CIB uses nasty tactics to confuse real issue

Dear Editor,

Thank you for so thoroughly quoting the Community Impact Board members in your last issue (“State board rejects jail funding request,” Aug. 13-19, 2015 Moab Sun News).

It is no surprise that the CIB and industry supporter Lynn Jackson would use Grand County’s concern for the health and well-being of our residents to antagonize and divide our community. Grand County has demonstrated a strong and unified dedication to seeking truth and calling out corruption on the part of the various boards promoting resource development in Utah.

The CIB is now saying that because Grand County residents speak out in favor of protecting the land and people, that we do not deserve our share of royalties set aside for mitigating the devastating effects of oil and gas development. This is a red herring.

The CIB wants to fuel division in our community and distract us from their true agenda, namely, to invest all of our public money in giant infrastructure projects that only serve to boost corporate profits, rather than allocating funds to the communities impacted by this development.

For example, the Utah Community Impact Board has allocated $53 million for investment in a plan to export Utah coal out of a facility in Oakland, California.

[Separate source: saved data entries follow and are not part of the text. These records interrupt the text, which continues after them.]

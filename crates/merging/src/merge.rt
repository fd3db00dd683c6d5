// Two plans of a problem merged on bytes: the problem's refusals first, as in the checker, then 7, 12, 24, 25 and 26.
ghost use Rattle.std.specs.Prelude.{◌≡◌, List, ℕ, ◌≤◌, length};
ghost use Rattle.definitions.specs.Limits.{highest_n, merged_most};
ghost use Rattle.definitions.specs.ProblemRecord.{meant};
ghost use Rattle.definitions.specs.Merging.{shift_of, Merges};
ghost use Rattle.records.specs.Refusals.{refused_by};
ghost use Rattle.merging.specs.Plans.{plans_judged, pair_judged};
ghost use Rattle.merging.specs.Outcome.{merged_of, Read, Posed, Wrote};

use crate::plan::{plan_fits, stamps_in};
use crate::rules::both_keep;
use crate::stamps::{Pair, is_forward, minutes_back};
use answer_writer::writer::put_stamps;
use problem_records::reader::read_problem;
use records::limits::{LEAD_BYTES, MERGED_MOST, TABLE};
use records::problem::CHECKER_KINDS;
use records::refusal::Refusal;

// The first of refusals 7 and 12 that applies.
fn judge_plans(first: &[u8], second: &[u8], n: usize, room: usize) -> Result<(), Refusal>
    requires { n ≤ highest_n }
    ensures { refused_by result ≡ plans_judged n first.now second.now room }
{
    if room < MERGED_MOST {
        return Err(Refusal::Room);
    }
    if !plan_fits(first, n) || !plan_fits(second, n) {
        return Err(Refusal::Form);
    }
    Ok(())
}

// The first of refusals 24 and 25 that applies: the shift is above 0, the plans do not both keep the rules.
fn judge_pair(forward: bool, keep: bool) -> Result<(), Refusal>
    ensures { refused_by result ≡ pair_judged forward keep }
{
    if forward {
        return Err(Refusal::Shift);
    }
    if !keep {
        return Err(Refusal::Rule);
    }
    Ok(())
}

// The merged stamps put at the start of the buffer, or 26: of two plans that keep the rules.
fn merge_back(pair: &Pair, n: usize, out: &mut [u8]) -> Result<usize, Refusal>
    requires { (n ≤ highest_n) × (merged_most ≤ length out.old) }
    ensures { Wrote n pair.now.back pair.now.first.now pair.now.second.now out.old (merged_of result) out.new }
{
    let count = n + 1;
    if pair.some_early(count) {
        return Err(Refusal::Early);
    }
    let stamps = pair.merged_stamps(count);
    put_stamps(&stamps[..count], out, 0);
    Ok(LEAD_BYTES * count)
}

// Two plans of the right form merged, for the problem in two tables: 24, 25, 26, or the merged stamps.
fn merge_plans(
    left: &[u32; TABLE],
    right: &[u32; TABLE],
    n: usize,
    m: usize,
    first: &[u8],
    second: &[u8],
    shift: u64,
    out: &mut [u8],
) -> Result<usize, Refusal>
    requires { Posed n m left.now right.now first.now second.now (length out.old) }
    ensures { (p : List ℕ) → Read p n m left.now right.now → Merges p first.now second.now (shift_of shift) out.old (merged_of result) out.new }
{
    let x = stamps_in(first, n + 1);
    let y = stamps_in(second, n + 1);
    judge_pair(is_forward(shift), both_keep(left, right, n, m, &x, &y))?;
    let pair = Pair {
        first: &x,
        second: &y,
        back: minutes_back(shift),
    };
    merge_back(&pair, n, out)
}

// Two plans of the problem that the bytes mean merged into the lent buffer: how many bytes are written at its start, with every byte after
// them as it was, or the first refusal that applies, with the buffer as it was. The shift is a signed number of 64 bits, handed over as the
// unsigned one with the same bits. No bytes mean the idle day.
pub fn merge(
    problem: &[u8],
    first: &[u8],
    second: &[u8],
    shift: u64,
    out: &mut [u8],
) -> Result<usize, Refusal>
    ensures { Merges (meant problem.now) first.now second.now (shift_of shift) out.old (merged_of result) out.new }
{
    let mut left = [0u32; TABLE];
    let mut right = [0u32; TABLE];
    let layout = read_problem(problem, CHECKER_KINDS, &mut left, &mut right)?;
    judge_plans(first, second, layout.n, out.len())?;
    merge_plans(&left, &right, layout.n, layout.m, first, second, shift, out)
}
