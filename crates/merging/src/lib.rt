// Two plans into one: each moment the later of the first plan's and the second plan's plus a shift. Document 02, 2.13.
#![tactic(auto)]

pub mod merge;
pub mod pass;
pub mod plan;
pub mod rules;
pub mod stamps;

Who’s to say that this won’t be turned into a tar sands export terminal when the time is right? The CIB also funded the construction of the Seep Ridge Road leading directly to the PR Spring tar sands mine through a $29.5 million grant and an $11.5 million no-interest loan.

All of this when Grand County has only been granted just over $2 million in total from 2011 through 2014.

These mega projects should not be financed with public money. We need to stand up, make some changes, and stop subsidizing a dying fossil fuel industry.